The purpose of using hash table is to reduce the time complexity of array lookup

The official solution is described as follows:

Therefore, the following operations are done in the problem solution:

	# Construct hash mapping to help us quickly locate the root node
	index = {element: i for i, element in enumerate(inorder)}

(3) Summary: the essence of programming - pointer

  • From the above reasons, we can see that the ingenious use of pointers can reduce the time and space complexity to the constant level. Therefore, when designing and optimizing programs, we can consider using the combination of pointers and hash tables to find the target value from large data structures
  • The pointer operation here has the feeling of "looking for books everywhere in the library according to the serial number", which is very wonderful

(5) More attention

(1) Iterative solution

When looking at LeetCode's answers, I found that the top few that took the least time were basically iterative methods rather than recursion.
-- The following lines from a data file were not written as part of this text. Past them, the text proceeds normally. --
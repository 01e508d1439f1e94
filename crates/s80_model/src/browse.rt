// What is told of one class.
ghost use Rattle.std.specs.Prelude.{◌≡◌, ◌++◌, ◌∷◌, [], IfOk, OnOk, IsSome};
ghost use Rattle.std.specs.FinMap as map;
ghost use Rattle.s80_lex.specs.Spelling.{quoted};
ghost use Rattle.s80_class.specs.Table.{IsSuperclass, row_of};
ghost use Rattle.s80_apply.specs.State.{State};
ghost use Rattle.s80_apply.specs.Entries.{AreEntriesOf};
ghost use Rattle.s80_apply.specs.System.{IsSystemOf};
ghost use Rattle.s80_model.specs.Entries.{AreLines, Lines, line_at, lines_of, shown, spaced, with_line};
ghost use Rattle.s80_model.specs.Texts.{browsed, category_lines, class_text, definition_of, string_line};

use s80_apply::System;
use s80_base::{OutOfMemory, Side, Text};
use s80_class::{ClassEntry, ClassTable};
use s80_dict::MethodDict;
use s80_form::{Definition, add_quoted, definition_text, joined};
use s80_verify::Verified;
use std::alloc::Global;
use std::collections::BTreeMap;

/// The lines of the class of this name: its definition, comment and class-side variables, and its methods by category. None where no class has the name.
pub fn browse_text(alloc: Global, system: &System, name: &Text) -> Result<Option<Text>, OutOfMemory>
    ensures { (state : State) → IsSystemOf system.now state → IfOk result (λ found. found ≡ browsed state name.now) }
{
    let Some(number) = system.find(name) else {
        return Ok(None);
    };
    let classes = system.classes();
    let mut text = class_text(alloc, classes, classes.at(number))?;
    let methods = system.methods();
    add_category_lines(alloc, &mut text, b"", methods.dict(number, Side::Instance))?;
    add_category_lines(
        alloc,
        &mut text,
        b"class ",
        methods.dict(number, Side::Class),
    )?;
    Ok(Some(text))
}

/// Adds a line for each category of some methods, behind a word.
fn add_category_lines(
    alloc: Global,
    text: &mut Text,
    word: &[u8],
    methods: &MethodDict<Verified>,
) -> Result<(), OutOfMemory>
    ensures { (rows : _) → AreEntriesOf methods.now.methods rows → OnOk result (text.new ≡ text.old ++ category_lines word.now rows) }
{
    for (category, selectors) in &selectors_by_category(alloc, methods)? {
        add_category_line(text, word, category, selectors)?;
    }
    Ok(())
}

/// Adds the line of a category.
fn add_category_line(
    text: &mut Text,
    word: &[u8],
    category: &[u8],
    selectors: &Text,
) -> Result<(), OutOfMemory>
    ensures { OnOk result (text.new ≡ text.old ++ (word.now ++ (quoted 39 category.now ++ (58 ∷ selectors.now ++ 10 ∷ [])))) }
{
    text.append(word)?;
    add_quoted(text, category)?;
    text.append(b":")?;
    text.append(selectors.bytes())?;
    text.append(b"\n")
}

/// For each category the selectors of its methods in byte order, each behind a space.
fn selectors_by_category(
    alloc: Global,
    methods: &MethodDict<Verified>,
) -> Result<BTreeMap<Vec<u8>, Text>, OutOfMemory>
    ensures { (rows : _) → AreEntriesOf methods.now.methods rows → IfOk result (λ lines. shown lines.entries ≡ lines_of rows) }
{
    let selectors = methods.selectors_sorted(alloc)?;
    let mut lines: BTreeMap<Vec<u8>, Text> = BTreeMap::new(alloc);
    for i in 0..selectors.count() {
        let selector = selectors.at(i);
        if let Some(entry) = methods.get(selector) {
            let category = entry.category.bytes();
            make_line(alloc, &mut lines, category)?;
            add_selector(&mut lines, category, selector)?;
        }
    }
    Ok(lines)
}

/// Makes an empty line for a category that has none.
fn make_line(
    alloc: Global,
    lines: &mut BTreeMap<Vec<u8>, Text>,
    category: &[u8],
) -> Result<(), OutOfMemory>
    ensures { (held : Lines) → AreLines lines.old.entries held → OnOk result (AreLines lines.new.entries (with_line held category.now)) }
{
    if !lines.contains_key(category) {
        lines.insert(category.to_vec(alloc)?, Text::empty(alloc))?;
    }
    Ok(())
}

/// Adds a selector to the line of its category.
fn add_selector(
    lines: &mut BTreeMap<Vec<u8>, Text>,
    category: &[u8],
    selector: &Text,
) -> Result<(), OutOfMemory>
    ensures { (held : Lines) → AreLines lines.old.entries held → IsSome (map.get held category.now) → OnOk result (AreLines lines.new.entries (map.insert held category.now (line_at held category.now ++ spaced selector.now))) }
{
    let Some(line) = lines.get_mut(category) else {
        return Ok(());
    };
    line.append(b" ")?;
    line.append(selector.bytes())
}

/// The lines of a class without its methods.
fn class_text(alloc: Global, classes: &ClassTable, entry: &ClassEntry) -> Result<Text, OutOfMemory>
    requires { IsSuperclass classes.now.names entry.now.superclass }
    ensures { IfOk result (λ text. text ≡ class_text entry.now.class_name (row_of classes.now.names entry.now)) }
{
    let definition = definition_of(alloc, classes, entry)?;
    let mut text = definition_text(alloc, &definition)?;
    text.append(b"\n")?;
    add_string_line(&mut text, b"comment: ", entry.comment.bytes())?;
    add_string_line(
        &mut text,
        b"class instanceVariableNames: ",
        joined(alloc, &entry.class_side_vars)?.bytes(),
    )?;
    Ok(text)
}

/// A class as its definition.
fn definition_of(
    alloc: Global,
    classes: &ClassTable,
    entry: &ClassEntry,
) -> Result<Definition, OutOfMemory>
    requires { IsSuperclass classes.now.names entry.now.superclass }
    ensures { IfOk result (λ definition. definition ≡ definition_of entry.now.class_name (row_of classes.now.names entry.now)) }
{
    let superclass = match entry.superclass {
        None => Text::from_bytes(alloc, b"nil")?,
        Some(number) => classes.at(number).class_name.copy(alloc)?,
    };
    Ok(Definition {
        class_name: entry.class_name.copy(alloc)?,
        superclass,
        kind: entry.kind,
        inst_vars: entry.inst_vars.copy(alloc)?,
        class_vars: entry.class_vars.copy(alloc)?,
        pools: entry.pools.copy(alloc)?,
        category: entry.category.copy(alloc)?,
    })
}

/// Adds a line of a word and a string.
fn add_string_line(text: &mut Text, word: &[u8], string: &[u8]) -> Result<(), OutOfMemory>
    ensures { OnOk result (text.new ≡ text.old ++ string_line word.now string.now) }
{
    text.append(word)?;
    add_quoted(text, string)?;
    text.append(b"\n")
}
I have seen relevant statements before that "iterative methods are closer to the computational essence of computers, and recursion is actually a great waste of resources"

Therefore, there are the following problems:

  • Is iterative method less time-consuming than recursion? Is there a theoretical basis?
  • Is it best to write iterations when programming?
  • Will iterative and recursive solutions be required during the machine test interview? Do you need to master iteration?